Abstract

2-Methoxyestradiol (2-MEO), a metabolite of estrogen, is an attractive lead compound for the development of novel antitumor and anti-inflammatory agents, because it embodies antiproliferative and antiangiogenic activities in one molecule. However, the affinity of 2-MEO for the estrogen receptor would lead to undesirable side effects. As a prelude to the design of 2-MEO–like compounds with an optimal activity profile, we assayed 2-MEO and a series of analogs for their ability to cause G₁ cell-cycle arrest (by measuring inhibition of DNA synthesis in human cultured airway smooth muscle) and to inhibit binding of [³H]estradiol at the estrogen receptor (ER; from rat uterine smooth muscle). One compound, a diacetoxy enediol derivative, was identified with reasonable potency for DNA synthesis (pIC₅₀ = 5.97) but showed negligible affinity for the ER (pIC₅₀ < 5). Three-dimensional quantitative structure-activity relationships were developed for these activities using comparative molecular field analysis (CoMFA) techniques.

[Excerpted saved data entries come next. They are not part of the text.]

//! The commands `new` and `check`.

ghost use Rattle.std.specs.Prelude.{[], ◌≡◌, ◌≢◌};

use crate::commands::{check_region_from, cmd_new_from};
use command_files::{
    fail, image_output, on_image, report_buffered, report_image, report_output, suggest_explain,
};
use palm_text::Counted;
use program_io::command_line::Form;
use program_io::{Noted, Status};
use raw_region::Region;
use std::io;
use std::io::{BufWriter, Input};
use std::rt::Files;

/// Runs `new`: writes a blank image to a path. A PDB or PRC file isn't replaced.
pub fn new<R: Files + Print + Eprint + AllocGlobal>(
    rt: &R,
    size: u32,
    slots: u16,
    path: &str,
) -> Status
    ensures not_refused { result ≢ Status.Refused }
    ensures reads_nothing { result ≢ Status.ReadFault }
{
    let mut image_out = match image_output(rt, path) {
        Ok(image_out) => image_out,
        Err(status) => return status,
    };
    let mut out = Counted::new(Noted::new(io::writer(rt)));
    let status = cmd_new_from(&rt.alloc(), size, slots, &mut image_out, &mut out);
    let status = report_image(rt, status, path, image_out, out);
    suggest_explain(rt, status, Some(size));
    status
}

/// Runs `check` on the image at a path, and prints in a form. The path `-` means standard input.
pub fn check<R: Files + Input + Print + Eprint + AllocGlobal>(
    rt: &R,
    path: &str,
    form: Form,
) -> Status
    ensures { result ≢ Status.BadWords }
{
    on_image(rt, path, |image| match form {
        Form::Text => print_lines(rt, image),
        Form::Json => print_document(rt, image),
    })
}

/// Checks an image, and prints lines.
fn print_lines<R: Print + Eprint + AllocGlobal>(rt: &R, image: Region) -> Status
    requires { image.lents ≡ [] }
    ensures { result ≢ Status.BadWords }
{
    let mut out = Counted::new(Noted::new(io::writer(rt)));
    let status = check_region_from(&rt.alloc(), &image, Form::Text, &mut out);
    report_output(rt, status, out)
}

/// Checks an image, and prints a document. A buffer collects its parts.
fn print_document<R: Print + Eprint + AllocGlobal>(rt: &R, image: Region) -> Status
    requires { image.lents ≡ [] }
    ensures { result ≢ Status.BadWords }
{
    let Ok(out) = BufWriter::new(rt.alloc(), Noted::new(io::writer(rt))) else {
        return fail(rt, Status::NoMemory);
    };
    let mut out = Counted::new(out);
    let status = check_region_from(&rt.alloc(), &image, Form::Json, &mut out);
    report_buffered(rt, status, out)
}
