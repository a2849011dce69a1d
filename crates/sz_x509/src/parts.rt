//! The parts that stand in certificates and in revocation lists: octets, times, flags and the algorithm.

ghost use Rattle.std.specs.Prelude.{◌≡◌, None, Some, IfOk, IfErr, OnOk};
ghost use Rattle.sz_der.specs.Spots.{after, after_optional, at, IsItemAt, spot_of};
ghost use Rattle.sz_x509.specs.CertFault.{algorithm_fault, flag_at, flag_fault, octets_at, octets_fault, time_fault};
ghost use Rattle.sz_x509.specs.CertPlaces.{seconds_at};

use crate::identifier::HSS_LMS;
use crate::{CertFault, CertKind};
use sz_base::Seconds;
use sz_der::parts::{expect_end, is_next, open_part, part_fault, take_item, take_part};
use sz_der::tag::{BIT_STRING, BOOLEAN, OBJECT_IDENTIFIER, SEQUENCE};
use sz_der::{DerReader, Item, bit_string, boolean, time};

/// Takes a BIT STRING of whole octets, and answers these; of another tag the fault is of the kind `other`.
pub(crate) fn take_octets<'a>(
    reader: &mut DerReader<'a>,
    other: CertKind,
) -> Result<(Item<'a>, &'a [u8]), CertFault>
    ensures ok { OnOk result (octets_fault other (spot_of reader.old) ≡ None) }
    ensures item { IfOk result (λ taken. IsItemAt (spot_of reader.old) taken.0) }
    ensures octets { IfOk result (λ taken. taken.1.now ≡ octets_at (spot_of reader.old)) }
    ensures next { OnOk result (spot_of reader.new ≡ after (spot_of reader.old)) }
    ensures fault { IfErr result (λ fault. octets_fault other (spot_of reader.old) ≡ Some (at fault)) }
{
    let item = take_part(reader, BIT_STRING, other)?;
    match bit_string(&item) {
        Ok(octets) => Ok((item, octets)),
        Err(_) => Err(part_fault(&item, CertKind::Der)),
    }
}

/// Takes a UTCTime or a GeneralizedTime.
pub(crate) fn take_time(reader: &mut DerReader<'_>) -> Result<Seconds, CertFault>
    ensures ok { OnOk result (time_fault (spot_of reader.old) ≡ None) }
    ensures seconds { IfOk result (λ seconds. seconds.0 ≡ seconds_at (spot_of reader.old)) }
    ensures next { OnOk result (spot_of reader.new ≡ after (spot_of reader.old)) }
    ensures fault { IfErr result (λ fault. time_fault (spot_of reader.old) ≡ Some (at fault)) }
{
    let item = take_item(reader)?;
    match time(&item) {
        Ok(seconds) => Ok(Seconds(seconds)),
        Err(_) => Err(part_fault(&item, CertKind::Time)),
    }
}

/// Takes a BOOLEAN where one is next; else the answer is false, and nothing is taken.
pub(crate) fn take_flag(reader: &mut DerReader<'_>) -> Result<bool, CertFault>
    ensures ok { OnOk result (flag_fault (spot_of reader.old) ≡ None) }
    ensures flag { IfOk result (λ flag. flag ≡ flag_at (spot_of reader.old)) }
    ensures next { OnOk result (spot_of reader.new ≡ after_optional BOOLEAN (spot_of reader.old)) }
    ensures fault { IfErr result (λ fault. flag_fault (spot_of reader.old) ≡ Some (at fault)) }
{
    if !is_next(reader, BOOLEAN) {
        return Ok(false);
    }
    let item = take_item(reader)?;
    match boolean(&item) {
        Ok(flag) => Ok(flag),
        Err(_) => Err(part_fault(&item, CertKind::Der)),
    }
}

/// Takes the AlgorithmIdentifier of HSS/LMS (RFC 8708 section 3).
pub(crate) fn take_algorithm(reader: &mut DerReader<'_>) -> Result<(), CertFault>
    ensures ok { OnOk result (algorithm_fault (spot_of reader.old) ≡ None) }
    ensures next { OnOk result (spot_of reader.new ≡ after (spot_of reader.old)) }
    ensures fault { IfErr result (λ fault. algorithm_fault (spot_of reader.old) ≡ Some (at fault)) }
{
    let mut parts = open_part(reader, SEQUENCE, CertKind::Algorithm)?;
    let identifier = take_part(&mut parts, OBJECT_IDENTIFIER, CertKind::Algorithm)?;
    if identifier.content != HSS_LMS.as_slice() {
        return Err(part_fault(&identifier, CertKind::Algorithm));
    }
    expect_end(&parts, CertKind::Algorithm)
}
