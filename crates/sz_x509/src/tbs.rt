//! The reader of the parts of TBSCertificate (RFC 5280 section 4.1), in their order.

ghost use Rattle.std.specs.Prelude.{◌≡◌, true, false, None, Some, IfOk, IfErr, IfNone, IfSome, OnOk};
ghost use Rattle.sz_der.specs.Spots.{after, after_optional, at, inside, spot_of};
ghost use Rattle.sz_x509.specs.CertFault.{holds_key, key_fault, key_in, tbs_parts_fault, unique_id_fault, validity_fault, version_fault};
ghost use Rattle.sz_x509.specs.CertPlaces.{key_at, seconds_at, TbsAt};
ghost use Rattle.sz_x509.specs.View.{fields_of};

use crate::extensions::{Restrictions, take_extensions};
use crate::parts::{take_algorithm, take_octets, take_time};
use crate::tag::{ISSUER_UNIQUE_ID, SUBJECT_UNIQUE_ID};
use crate::{CertFault, CertKind};
use sz_base::Seconds;
use sz_der::parts::{
    expect_end, is_next, open_part, part_fault, take_integer, take_item, take_part,
};
use sz_der::tag::{CONTEXT_CONSTRUCTED, INTEGER, SEQUENCE};
use sz_der::{DerReader, integer};

/// The fields of TBSCertificate.
#[derive(Clone, Copy)]
pub(crate) struct Tbs<'a> {
    /// The octets of the serial number.
    pub(crate) serial: &'a [u8],
    /// The issuer's name, as a whole item.
    pub(crate) issuer: &'a [u8],
    /// The first second at which the certificate is valid.
    pub(crate) not_before: Seconds,
    /// The last second at which the certificate is valid.
    pub(crate) not_after: Seconds,
    /// The subject's name, as a whole item.
    pub(crate) subject: &'a [u8],
    /// The HSS public key.
    pub(crate) key: &'a [u8],
    /// What the extensions say.
    pub(crate) restrictions: Restrictions<'a>,
}

/// Reads all parts, and nothing more.
pub(crate) fn read_tbs<'a>(first: &DerReader<'a>) -> Result<Tbs<'a>, CertFault>
    ensures ok { OnOk result (tbs_parts_fault (spot_of first.now) ≡ None) }
    ensures fields { IfOk result (λ tbs. TbsAt (spot_of first.now) (fields_of tbs)) }
    ensures fault { IfErr result (λ fault. tbs_parts_fault (spot_of first.now) ≡ Some (at fault)) }
{
    let mut parts = *first;
    take_version(&mut parts)?;
    let serial = take_integer(&mut parts, CertKind::Der)?;
    take_algorithm(&mut parts)?;
    let issuer = take_part(&mut parts, SEQUENCE, CertKind::Der)?;
    let (not_before, not_after) = take_validity(&mut parts)?;
    let subject = take_part(&mut parts, SEQUENCE, CertKind::Der)?;
    let key = take_key(&mut parts)?;
    skip_unique_id(&mut parts, ISSUER_UNIQUE_ID)?;
    skip_unique_id(&mut parts, SUBJECT_UNIQUE_ID)?;
    let restrictions = take_extensions(&mut parts)?;
    expect_end(&parts, CertKind::Der)?;
    Ok(Tbs {
        serial,
        issuer: issuer.whole,
        not_before,
        not_after,
        subject: subject.whole,
        key,
        restrictions,
    })
}

/// The INTEGER of version 3 (RFC 5280 section 4.1.2.1).
const VERSION_3: [u8; 1] = [2];

// Takes `[0]` with version 3.
fn take_version(reader: &mut DerReader<'_>) -> Result<(), CertFault>
    ensures ok { OnOk result (version_fault (spot_of reader.old) ≡ None) }
    ensures next { OnOk result (spot_of reader.new ≡ after (spot_of reader.old)) }
    ensures fault { IfErr result (λ fault. version_fault (spot_of reader.old) ≡ Some (at fault)) }
{
    let mut parts = open_part(reader, CONTEXT_CONSTRUCTED, CertKind::Version)?;
    let version = take_part(&mut parts, INTEGER, CertKind::Version)?;
    let Ok(octets) = integer(&version) else {
        return Err(part_fault(&version, CertKind::Der));
    };
    if octets != VERSION_3.as_slice() {
        return Err(part_fault(&version, CertKind::Version));
    }
    expect_end(&parts, CertKind::Version)
}

// Takes the first and the last second of validity.
fn take_validity(reader: &mut DerReader<'_>) -> Result<(Seconds, Seconds), CertFault>
    ensures ok { OnOk result (validity_fault (spot_of reader.old) ≡ None) }
    ensures first { IfOk result (λ times. times.0.0 ≡ seconds_at (inside (spot_of reader.old))) }
    ensures last { IfOk result (λ times. times.1.0 ≡ seconds_at (after (inside (spot_of reader.old)))) }
    ensures next { OnOk result (spot_of reader.new ≡ after (spot_of reader.old)) }
    ensures fault { IfErr result (λ fault. validity_fault (spot_of reader.old) ≡ Some (at fault)) }
{
    let mut times = open_part(reader, SEQUENCE, CertKind::Der)?;
    let not_before = take_time(&mut times)?;
    let not_after = take_time(&mut times)?;
    expect_end(&times, CertKind::Der)?;
    Ok((not_before, not_after))
}

// Takes the key, whose algorithm is HSS/LMS.
fn take_key<'a>(reader: &mut DerReader<'a>) -> Result<&'a [u8], CertFault>
    ensures ok { OnOk result (key_fault (spot_of reader.old) ≡ None) }
    ensures key { IfOk result (λ key. key.now ≡ key_at (spot_of reader.old)) }
    ensures next { OnOk result (spot_of reader.new ≡ after (spot_of reader.old)) }
    ensures fault { IfErr result (λ fault. key_fault (spot_of reader.old) ≡ Some (at fault)) }
{
    let mut parts = open_part(reader, SEQUENCE, CertKind::Key)?;
    take_algorithm(&mut parts)?;
    let (bits, octets) = take_octets(&mut parts, CertKind::Key)?;
    let Some(key) = key_in(octets) else {
        return Err(part_fault(&bits, CertKind::Key));
    };
    expect_end(&parts, CertKind::Key)?;
    Ok(key)
}

/// The length of an HSS public key (RFC 8554 section 6.1).
const KEY_LENGTH: usize = 60;

// The key in the octets of its BIT STRING: raw, or wrapped in an OCTET STRING.
fn key_in(octets: &[u8]) -> Option<&[u8]>
    ensures some { IfSome result (λ key. (holds_key octets.now ≡ true) × (key.now ≡ key_in octets.now)) }
    ensures none { IfNone result (holds_key octets.now ≡ false) }
{
    match octets {
        [0x04, 0x3C, key @ ..] if key.len() == KEY_LENGTH => Some(key),
        key if key.len() == KEY_LENGTH => Some(key),
        _ => None,
    }
}

// Passes over an item with this tag, where one is next.
fn skip_unique_id(reader: &mut DerReader<'_>, tag: u8) -> Result<(), CertFault>
    ensures ok { OnOk result (unique_id_fault tag (spot_of reader.old) ≡ None) }
    ensures next { OnOk result (spot_of reader.new ≡ after_optional tag (spot_of reader.old)) }
    ensures fault { IfErr result (λ fault. unique_id_fault tag (spot_of reader.old) ≡ Some (at fault)) }
{
    if is_next(reader, tag) {
        let _id = take_item(reader)?;
    }
    Ok(())
}
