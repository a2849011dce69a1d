//! These tests show which chains of certificates, messages and evidence are taken, over `sz_chain` and
//! `sz_evidence`.
#![tactic(auto)]

#[cfg(test)]
mod chain;
#[cfg(test)]
mod evidence;
#[cfg(test)]
mod path;
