//! The reader of the parts of TBSCertList (RFC 5280 section 5.1.2), in their order.

ghost use Rattle.std.specs.Prelude.{◌≡◌, None, Some, IfOk, IfErr, OnOk};
ghost use Rattle.sz_der.specs.Spots.{after_optional, at, spot_of};
ghost use Rattle.sz_x509.specs.CrlFault.{after_next_update, is_time_next, list_algorithm_spot, list_extensions_fault, list_parts_fault, list_version_fault, next_update_fault};
ghost use Rattle.sz_x509.specs.CrlPlaces.{ListAt, next_update_at};
ghost use Rattle.sz_x509.specs.CrlView.{list_fields, seconds_of};

use crate::entries::{pass_over_extensions, take_entries};
use crate::parts::{take_algorithm, take_time};
use crate::{CertFault, CertKind};
use sz_base::Seconds;
use sz_der::parts::{expect_end, is_next, open_part, part_fault, parts_of, take_item, take_part};
use sz_der::tag::{CONTEXT_CONSTRUCTED, GENERALIZED_TIME, INTEGER, SEQUENCE, UTC_TIME};
use sz_der::{DerReader, integer};

/// The fields of TBSCertList.
#[derive(Clone, Copy)]
pub(crate) struct TbsList<'a> {
    /// The issuer's name, as a whole item.
    pub(crate) issuer: &'a [u8],
    /// When the list was issued.
    pub(crate) this_update: Seconds,
    /// When the next one will be issued at the latest.
    pub(crate) next_update: Option<Seconds>,
    /// The entries, one item after another.
    pub(crate) entries: &'a [u8],
}

/// Reads all parts, and nothing more.
pub(crate) fn read_list<'a>(first: &DerReader<'a>) -> Result<TbsList<'a>, CertFault>
    ensures ok { OnOk result (list_parts_fault (spot_of first.now) ≡ None) }
    ensures fields { IfOk result (λ list. ListAt (spot_of first.now) (list_fields list)) }
    ensures fault { IfErr result (λ fault. list_parts_fault (spot_of first.now) ≡ Some (at fault)) }
{
    let mut parts = *first;
    skip_version(&mut parts)?;
    take_algorithm(&mut parts)?;
    let issuer = take_part(&mut parts, SEQUENCE, CertKind::Der)?;
    let this_update = take_time(&mut parts)?;
    let next_update = take_next_update(&mut parts)?;
    let entries = take_entries(&mut parts)?;
    skip_list_extensions(&mut parts)?;
    expect_end(&parts, CertKind::Der)?;
    Ok(TbsList {
        issuer: issuer.whole,
        this_update,
        next_update,
        entries,
    })
}

/// The INTEGER of version 2 (RFC 5280 section 5.1.2.1).
const VERSION_2: [u8; 1] = [1];

// Takes version 2, where an INTEGER is next.
fn skip_version(reader: &mut DerReader<'_>) -> Result<(), CertFault>
    ensures ok { OnOk result (list_version_fault (spot_of reader.old) ≡ None) }
    ensures next { OnOk result (spot_of reader.new ≡ list_algorithm_spot (spot_of reader.old)) }
    ensures fault { IfErr result (λ fault. list_version_fault (spot_of reader.old) ≡ Some (at fault)) }
{
    if !is_next(reader, INTEGER) {
        return Ok(());
    }
    let version = take_item(reader)?;
    let Ok(octets) = integer(&version) else {
        return Err(part_fault(&version, CertKind::Der));
    };
    if octets != VERSION_2.as_slice() {
        return Err(part_fault(&version, CertKind::Version));
    }
    Ok(())
}

// Takes nextUpdate, where a time is next.
fn take_next_update(reader: &mut DerReader<'_>) -> Result<Option<Seconds>, CertFault>
    ensures ok { OnOk result (next_update_fault (spot_of reader.old) ≡ None) }
    ensures seconds { IfOk result (λ seconds. seconds_of seconds ≡ next_update_at (spot_of reader.old)) }
    ensures next { OnOk result (spot_of reader.new ≡ after_next_update (spot_of reader.old)) }
    ensures fault { IfErr result (λ fault. next_update_fault (spot_of reader.old) ≡ Some (at fault)) }
{
    if !is_time_next(reader) {
        return Ok(None);
    }
    let seconds = take_time(reader)?;
    Ok(Some(seconds))
}

// A time of either type is next.
fn is_time_next(reader: &DerReader<'_>) -> bool
    ensures { result ≡ is_time_next (spot_of reader.now) }
{
    is_next(reader, UTC_TIME) || is_next(reader, GENERALIZED_TIME)
}

// Takes crlExtensions, where `[0]` is next, and looks only whether one is critical.
fn skip_list_extensions(reader: &mut DerReader<'_>) -> Result<(), CertFault>
    ensures ok { OnOk result (list_extensions_fault (spot_of reader.old) ≡ None) }
    ensures next { OnOk result (spot_of reader.new ≡ after_optional CONTEXT_CONSTRUCTED (spot_of reader.old)) }
    ensures fault { IfErr result (λ fault. list_extensions_fault (spot_of reader.old) ≡ Some (at fault)) }
{
    if !is_next(reader, CONTEXT_CONSTRUCTED) {
        return Ok(());
    }
    let item = take_item(reader)?;
    let mut field = parts_of(&item);
    let extensions = open_part(&mut field, SEQUENCE, CertKind::Der)?;
    pass_over_extensions(&extensions)?;
    expect_end(&field, CertKind::Der)
}
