//! Laws of the definitions that the contracts cite. Each is the contract of a function that does nothing.

ghost use Rattle.std.specs.Prelude.{◌≡◌, ◌↔◌, List, ℕ, None};
ghost use Rattle.sz_der.specs.Der.{AreOctets};
ghost use Rattle.sz_x509.specs.CertFault.{cert_fault};
ghost use Rattle.sz_x509.specs.Certificate.{Certificate, CertOf};
ghost use Rattle.sz_x509.specs.CrlFault.{crl_fault};
ghost use Rattle.sz_x509.specs.RevocationList.{CrlOf, RevocationList};

/// Octets have no fault exactly where they are those of a certificate, and of one alone.
pub fn fault_or_certificate()
    ensures exactly { (bytes : List ℕ) → AreOctets bytes
        → ((cert_fault bytes ≡ None) ↔ ((fields : Certificate) × CertOf bytes fields)) }
    ensures one_certificate { (bytes : List ℕ) (fields other : Certificate)
        → CertOf bytes fields → CertOf bytes other → fields ≡ other }
{}

/// Octets have no fault as a list exactly where they are those of a revocation list, and of one alone.
pub fn fault_or_list()
    ensures exactly { (bytes : List ℕ) → AreOctets bytes
        → ((crl_fault bytes ≡ None) ↔ ((fields : RevocationList) × CrlOf bytes fields)) }
    ensures one_list { (bytes : List ℕ) (fields other : RevocationList)
        → CrlOf bytes fields → CrlOf bytes other → fields ≡ other }
{}
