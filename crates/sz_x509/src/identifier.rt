//! The object identifiers that certificates and revocation lists hold, each as the octets of its DER content.

/// id-alg-hss-lms-hashsig, 1.2.840.113549.1.9.16.3.17 (RFC 8708 section 3).
pub const HSS_LMS: [u8; 11] = [
    0x2A, 0x86, 0x48, 0x86, 0xF7, 0x0D, 0x01, 0x09, 0x10, 0x03, 0x11,
];
/// id-ce-subjectKeyIdentifier, 2.5.29.14 (RFC 5280 section 4.2.1.2).
pub const SUBJECT_KEY_IDENTIFIER: [u8; 3] = [0x55, 0x1D, 0x0E];
/// id-ce-keyUsage, 2.5.29.15 (RFC 5280 section 4.2.1.3).
pub const KEY_USAGE: [u8; 3] = [0x55, 0x1D, 0x0F];
/// id-ce-subjectAltName, 2.5.29.17 (RFC 5280 section 4.2.1.6).
pub const SUBJECT_ALT_NAME: [u8; 3] = [0x55, 0x1D, 0x11];
/// id-ce-basicConstraints, 2.5.29.19 (RFC 5280 section 4.2.1.9).
pub const BASIC_CONSTRAINTS: [u8; 3] = [0x55, 0x1D, 0x13];
/// id-ce-certificatePolicies, 2.5.29.32 (RFC 5280 section 4.2.1.4).
pub const CERTIFICATE_POLICIES: [u8; 3] = [0x55, 0x1D, 0x20];
/// id-ce-authorityKeyIdentifier, 2.5.29.35 (RFC 5280 section 4.2.1.1).
pub const AUTHORITY_KEY_IDENTIFIER: [u8; 3] = [0x55, 0x1D, 0x23];
/// id-ce-extKeyUsage, 2.5.29.37 (RFC 5280 section 4.2.1.12).
pub const EXTENDED_KEY_USAGE: [u8; 3] = [0x55, 0x1D, 0x25];
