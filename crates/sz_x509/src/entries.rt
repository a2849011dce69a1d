//! The entries of a revocation list (RFC 5280 section 5.1.2.6), and extensions that must not be critical.

ghost use Rattle.std.specs.Prelude.{◌≡◌, ◌<◌, None, Some, length, IfOk, IfErr, OnErr, OnOk};
ghost use Rattle.sz_der.specs.Spots.{after, after_optional, at, content_at, each, inside, spot_of, spots_from};
ghost use Rattle.sz_x509.specs.CrlFault.{entry_extensions_fault, entry_fault, passed_over_fault, revoked_fault};
ghost use Rattle.sz_x509.specs.CrlPlaces.{entries_at, BeginsEntry};

use crate::parts::{take_flag, take_time};
use crate::{CertFault, CertKind};
use sz_der::DerReader;
use sz_der::parts::{
    expect_end, is_next, open_part, part_fault, parts_of, take_integer, take_item, take_part,
};
use sz_der::tag::{OBJECT_IDENTIFIER, OCTET_STRING, SEQUENCE};

/// Takes revokedCertificates, where a SEQUENCE is next, and answers the entries in it.
pub(crate) fn take_entries<'a>(reader: &mut DerReader<'a>) -> Result<&'a [u8], CertFault>
    ensures ok { OnOk result (revoked_fault (spot_of reader.old) ≡ None) }
    ensures entries { IfOk result (λ entries. entries.now ≡ entries_at (spot_of reader.old)) }
    ensures next { OnOk result (spot_of reader.new ≡ after_optional SEQUENCE (spot_of reader.old)) }
    ensures fault { IfErr result (λ fault. revoked_fault (spot_of reader.old) ≡ Some (at fault)) }
{
    if !is_next(reader, SEQUENCE) {
        return Ok(&[]);
    }
    let item = take_item(reader)?;
    read_entries(&parts_of(&item))?;
    Ok(item.content)
}

// Reads all entries.
fn read_entries(all: &DerReader<'_>) -> Result<(), CertFault>
    ensures ok { OnOk result (each entry_fault (spots_from (spot_of all.now)) ≡ None) }
    ensures fault { IfErr result (λ fault. each entry_fault (spots_from (spot_of all.now)) ≡ Some (at fault)) }
{
    let mut reader = *all;
    while !reader.is_at_end() {
        take_entry(&mut reader)?;
    }
    Ok(())
}

// Takes one entry.
fn take_entry(reader: &mut DerReader<'_>) -> Result<(), CertFault>
    ensures ok { OnOk result (entry_fault (spot_of reader.old) ≡ None) }
    ensures next { OnOk result (spot_of reader.new ≡ after (spot_of reader.old)) }
    ensures shorter { OnOk result (length reader.new.left.now < length reader.old.left.now) }
    ensures fault { IfErr result (λ fault. entry_fault (spot_of reader.old) ≡ Some (at fault)) }
{
    let mut parts = open_part(reader, SEQUENCE, CertKind::Der)?;
    let _serial = take_integer(&mut parts, CertKind::Der)?;
    let _date = take_time(&mut parts)?;
    skip_entry_extensions(&mut parts)?;
    expect_end(&parts, CertKind::Der)
}

// Takes the extensions of an entry, where a SEQUENCE is next.
fn skip_entry_extensions(reader: &mut DerReader<'_>) -> Result<(), CertFault>
    ensures ok { OnOk result (entry_extensions_fault (spot_of reader.old) ≡ None) }
    ensures next { OnOk result (spot_of reader.new ≡ after_optional SEQUENCE (spot_of reader.old)) }
    ensures fault { IfErr result (λ fault. entry_extensions_fault (spot_of reader.old) ≡ Some (at fault)) }
{
    if !is_next(reader, SEQUENCE) {
        return Ok(());
    }
    let item = take_item(reader)?;
    pass_over_extensions(&parts_of(&item))
}

/// Passes over all extensions, none of which is critical.
pub(crate) fn pass_over_extensions(all: &DerReader<'_>) -> Result<(), CertFault>
    ensures ok { OnOk result (each passed_over_fault (spots_from (spot_of all.now)) ≡ None) }
    ensures fault { IfErr result (λ fault. each passed_over_fault (spots_from (spot_of all.now)) ≡ Some (at fault)) }
{
    let mut reader = *all;
    while !reader.is_at_end() {
        pass_over_extension(&mut reader)?;
    }
    Ok(())
}

// Passes over one extension, which is not critical.
fn pass_over_extension(reader: &mut DerReader<'_>) -> Result<(), CertFault>
    ensures ok { OnOk result (passed_over_fault (spot_of reader.old) ≡ None) }
    ensures next { OnOk result (spot_of reader.new ≡ after (spot_of reader.old)) }
    ensures shorter { OnOk result (length reader.new.left.now < length reader.old.left.now) }
    ensures fault { IfErr result (λ fault. passed_over_fault (spot_of reader.old) ≡ Some (at fault)) }
{
    let extension = take_part(reader, SEQUENCE, CertKind::Der)?;
    let mut parts = parts_of(&extension);
    let _identifier = take_part(&mut parts, OBJECT_IDENTIFIER, CertKind::Der)?;
    let critical = take_flag(&mut parts)?;
    if critical {
        return Err(part_fault(&extension, CertKind::Extension));
    }
    let _value = take_part(&mut parts, OCTET_STRING, CertKind::Der)?;
    expect_end(&parts, CertKind::Der)
}

/// Takes the next entry, and answers its serial number.
pub(crate) fn take_serial<'a>(reader: &mut DerReader<'a>) -> Result<&'a [u8], CertFault>
    ensures serial { IfOk result (λ serial. serial.now ≡ content_at (inside (spot_of reader.old))) }
    ensures next { OnOk result (spot_of reader.new ≡ after (spot_of reader.old)) }
    ensures shorter { OnOk result (length reader.new.left.now < length reader.old.left.now) }
    ensures err { OnErr result (¬ BeginsEntry (spot_of reader.old)) }
{
    let mut parts = open_part(reader, SEQUENCE, CertKind::Der)?;
    take_integer(&mut parts, CertKind::Der)
}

Comparison of optimized CoMFA models revealed distinct structural requirements for DNA synthesis inhibition and ER binding. For example, DNA synthesis inhibition is enhanced by electropositive substitutions in the 2-position below the plane of the steroid A-ring, whereas ER binding is favored by electronegative substitution in this position. Similarly, DNA synthesis inhibition correlates negatively with increased steric bulk in regions clustered around the A and B rings; changes in steric bulk in these regions has little correlation with ER binding. These observations will guide the design of new analogs with improved potency for desired characteristics (e.g., DNA synthesis inhibition) with minimal unwanted activities (e.g., ER binding).